Records from a dataset
_____
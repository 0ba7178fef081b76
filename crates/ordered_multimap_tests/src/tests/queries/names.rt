//! A query of one's own: a header's name, looked up by a text in any case, where names collide.
ghost use Rattle.std.proofs.Common.{ap};
ghost use Rattle.std.specs.Cmp.{on_equiv, partial_equiv_from_equiv, on_per};
ghost use Rattle.std.specs.Cmp.Lexicographic.{bytes_decides, nat_list_eq_equiv};
ghost use Rattle.std.specs.Hash as fed;
ghost use Rattle.std.specs.Prelude.{◌≡◌, None, length};
ghost use Rattle.std.specs.Str.{str_eq_ignore_ascii_case, str_to_ascii_lowercase};
ghost use Rattle.std.specs.String.{string_bytes};

use ordered_multimap::{KeyQuery, ListOrderedMultimap};
use ordered_multimap_callers::maps::test_on_empty;
use std::hash::{Hash, Hasher};
use test_helpers::{F, Failed, Test, walk_difference};

/// A header's name. Case counts for nothing when names are compared, and names of one length have one
/// hash, so that some of them collide.
#[derive(Drop)]
struct Name {
    text: String,
}

/// A header's name by its text, in any case.
#[derive(Clone, Copy, PartialEq, Eq)]
struct AnyCase<'q> {
    text: &'q str,
}

// Whether two texts differ in the case of letters alone.
fn are_alike(one: &str, other: &str) -> bool
    ensures { result ≡ str_eq_ignore_ascii_case one.now other.now }
{
    one.eq_ignore_ascii_case(other)
}

impl PartialEq for Name {
    ghost eq = { λ a b. str_eq_ignore_ascii_case (string_bytes a.text) (string_bytes b.text) };

    ghost laws = { on_per (λ n. str_to_ascii_lowercase (string_bytes n.text))
        (partial_equiv_from_equiv nat_list_eq_equiv) };

    fn eq(&self, other: &Self) -> bool {
        are_alike(self.text.as_str(), other.text.as_str())
    }
}

impl Eq for Name {
    ghost laws = { on_equiv (λ n. str_to_ascii_lowercase (string_bytes n.text))
        nat_list_eq_equiv };
}

impl Hash for Name {
    ghost hash_input = { λ n. fed.usize (length (str_to_ascii_lowercase (string_bytes n.text))) };

    ghost respects_eq = { λ a b same. ap (λ bytes. fed.usize (length bytes))
        ((bytes_decides (str_to_ascii_lowercase (string_bytes a.text))
        (str_to_ascii_lowercase (string_bytes b.text))).0 same) };

    fn hash<H: Hasher>(&self, state: &mut H) {
        self.text.len().hash(state);
    }
}

impl<'q> Hash for AnyCase<'q> {
    ghost hash_input = { λ q. fed.usize (length (str_to_ascii_lowercase q.text.now)) };

    ghost respects_eq = { λ a b same. ap (λ bytes. fed.usize (length (str_to_ascii_lowercase bytes)))
        ((bytes_decides a.text.now b.text.now).0 same) };

    fn hash<H: Hasher>(&self, state: &mut H) {
        self.text.len().hash(state);
    }
}

impl<'q> KeyQuery<Name> for AnyCase<'q> {
    ghost equivalent = { λ q n. str_eq_ignore_ascii_case q.text.now (string_bytes n.text) };

    ghost as_key = { λ q. None };

    ghost respects_hash = { λ q n same. ap (λ bytes. fed.usize (length bytes))
        ((bytes_decides (str_to_ascii_lowercase q.text.now)
        (str_to_ascii_lowercase (string_bytes n.text))).0 same) };

    ghost respects_eq = { λ q x y. nat_list_eq_equiv.congr (str_to_ascii_lowercase q.text.now)
        (str_to_ascii_lowercase (string_bytes x.text))
        (str_to_ascii_lowercase (string_bytes y.text)) };

    fn equivalent(&self, key: &Name) -> bool {
        are_alike(self.text, key.text.as_str())
    }
}

type Headers = ListOrderedMultimap<Name, u32>;

const SENT: &[(&str, u32)] = &[("Accept", 1), ("Cookie", 2), ("ACCEPT", 3), ("Origin", 4)];

fn name_of(test: &Test, text: &str) -> Name {
    let text = String::from_str(test.alloc(), text);
    test.expect(text.is_ok());
    Name {
        text: text.unwrap_or(String::new(test.alloc())),
    }
}

// Whether the name was there.
fn appended(test: &Test, headers: &mut Headers, text: &str, value: u32) -> Option<bool> {
    headers.append(name_of(test, text), value).ok()
}

fn names_are_found(test: &Test, headers: &Headers) {
    let name = AnyCase { text: "accept" };
    let both = [(F, 1), (F, 3)];
    test.expect_same(walk_difference(&mut headers.get_all(name), &both));
    let cookie = AnyCase { text: "cOOKIE" };
    test.expect(headers.get(cookie).copied() == Some(2));
    test.expect(!headers.contains_key(AnyCase { text: "accep" }));
    test.expect(headers.entry_len(AnyCase { text: "accepu" }) == 0);
}

// The spelling that came first, and the first value.
fn is_spelled(removed: Option<(Name, u32)>, text: &str, value: u32) -> bool {
    match removed {
        Some((name, first)) => name.text.as_str() == text && first == value,
        None => false,
    }
}

fn headers_are_kept(test: &Test, headers: &mut Headers) {
    for (text, value) in SENT {
        test.expect(appended(test, headers, text, *value).is_some());
    }
    names_are_found(test, headers);
    let removed = headers.remove_entry(AnyCase { text: "accept" });
    test.expect(is_spelled(removed, "Accept", 1));
    test.expect(headers.values_len() == 2);
}

#[test]
fn names_are_found_in_any_case(rt: HostRuntime) -> Result<(), Failed> {
    test_on_empty(rt.alloc(), headers_are_kept)
}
_____
Goal of the exercise:
All of the data above should be reproduced verbatim.

Answer section:
repository 0ba7178fef081b76
filename crates/ordered_multimap_tests/src/tests/queries/names.rt
//! A query of one's own: a header's name, looked up by a text in any case, where names collide.
ghost use Rattle.std.proofs.Common.{ap};
ghost use Rattle.std.specs.Cmp.{on_equiv, partial_equiv_from_equiv, on_per};
ghost use Rattle.std.specs.Cmp.Lexicographic.{bytes_decides, nat_list_eq_equiv};
ghost use Rattle.std.specs.Hash as fed;
ghost use Rattle.std.specs.Prelude.{◌≡◌, None, length};
ghost use Rattle.std.specs.Str.{str_eq_ignore_ascii_case, str_to_ascii_lowercase};
ghost use Rattle.std.specs.String.{string_bytes};

use ordered_multimap::{KeyQuery, ListOrderedMultimap};
use ordered_multimap_callers::maps::test_on_empty;
use std::hash::{Hash, Hasher};
use test_helpers::{F, Failed, Test, walk_difference};

/// A header's name. Case counts for nothing when names are compared, and names of one length have one
/// hash, so that some of them collide.
#[derive(Drop)]
struct Name {
    text: String,
}

/// A header's name by its text, in any case.
#[derive(Clone, Copy, PartialEq, Eq)]
struct AnyCase<'q> {
    text: &'q str,
}

// Whether two texts differ in the case of letters alone.
fn are_alike(one: &str, other: &str) -> bool
    ensures { result ≡ str_eq_ignore_ascii_case one.now other.now }
{
    one.eq_ignore_ascii_case(other)
}

impl PartialEq for Name {
    ghost eq = { λ a b. str_eq_ignore_ascii_case (string_bytes a.text) (string_bytes b.text) };

    ghost laws = { on_per (λ n. str_to_ascii_lowercase (string_bytes n.text))
        (partial_equiv_from_equiv nat_list_eq_equiv) };

    fn eq(&self, other: &Self) -> bool {
        are_alike(self.text.as_str(), other.text.as_str())
    }
}

impl Eq for Name {
    ghost laws = { on_equiv (λ n. str_to_ascii_lowercase (string_bytes n.text))
        nat_list_eq_equiv };
}

impl Hash for Name {
    ghost hash_input = { λ n. fed.usize (length (str_to_ascii_lowercase (string_bytes n.text))) };

    ghost respects_eq = { λ a b same. ap (λ bytes. fed.usize (length bytes))
        ((bytes_decides (str_to_ascii_lowercase (string_bytes a.text))
        (str_to_ascii_lowercase (string_bytes b.text))).0 same) };

    fn hash<H: Hasher>(&self, state: &mut H) {
        self.text.len().hash(state);
    }
}

impl<'q> Hash for AnyCase<'q> {
    ghost hash_input = { λ q. fed.usize (length (str_to_ascii_lowercase q.text.now)) };

    ghost respects_eq = { λ a b same. ap (λ bytes. fed.usize (length (str_to_ascii_lowercase bytes)))
        ((bytes_decides a.text.now b.text.now).0 same) };

    fn hash<H: Hasher>(&self, state: &mut H) {
        self.text.len().hash(state);
    }
}

impl<'q> KeyQuery<Name> for AnyCase<'q> {
    ghost equivalent = { λ q n. str_eq_ignore_ascii_case q.text.now (string_bytes n.text) };

    ghost as_key = { λ q. None };

    ghost respects_hash = { λ q n same. ap (λ bytes. fed.usize (length bytes))
        ((bytes_decides (str_to_ascii_lowercase q.text.now)
        (str_to_ascii_lowercase (string_bytes n.text))).0 same) };

    ghost respects_eq = { λ q x y. nat_list_eq_equiv.congr (str_to_ascii_lowercase q.text.now)
        (str_to_ascii_lowercase (string_bytes x.text))
        (str_to_ascii_lowercase (string_bytes y.text)) };

    fn equivalent(&self, key: &Name) -> bool {
        are_alike(self.text, key.text.as_str())
    }
}

type Headers = ListOrderedMultimap<Name, u32>;

const SENT: &[(&str, u32)] = &[("Accept", 1), ("Cookie", 2), ("ACCEPT", 3), ("Origin", 4)];

fn name_of(test: &Test, text: &str) -> Name {
    let text = String::from_str(test.alloc(), text);
    test.expect(text.is_ok());
    Name {
        text: text.unwrap_or(String::new(test.alloc())),
    }
}

// Whether the name was there.
fn appended(test: &Test, headers: &mut Headers, text: &str, value: u32) -> Option<bool> {
    headers.append(name_of(test, text), value).ok()
}

fn names_are_found(test: &Test, headers: &Headers) {
    let name = AnyCase { text: "accept" };
    let both = [(F, 1), (F, 3)];
    test.expect_same(walk_difference(&mut headers.get_all(name), &both));
    let cookie = AnyCase { text: "cOOKIE" };
    test.expect(headers.get(cookie).copied() == Some(2));
    test.expect(!headers.contains_key(AnyCase { text: "accep" }));
    test.expect(headers.entry_len(AnyCase { text: "accepu" }) == 0);
}

// The spelling that came first, and the first value.
fn is_spelled(removed: Option<(Name, u32)>, text: &str, value: u32) -> bool {
    match removed {
        Some((name, first)) => name.text.as_str() == text && first == value,
        None => false,
    }
}

fn headers_are_kept(test: &Test, headers: &mut Headers) {
    for (text, value) in SENT {
        test.expect(appended(test, headers, text, *value).is_some());
    }
    names_are_found(test, headers);
    let removed = headers.remove_entry(AnyCase { text: "accept" });
    test.expect(is_spelled(removed, "Accept", 1));
    test.expect(headers.values_len() == 2);
}

#[test]
fn names_are_found_in_any_case(rt: HostRuntime) -> Result<(), Failed> {
    test_on_empty(rt.alloc(), headers_are_kept)
}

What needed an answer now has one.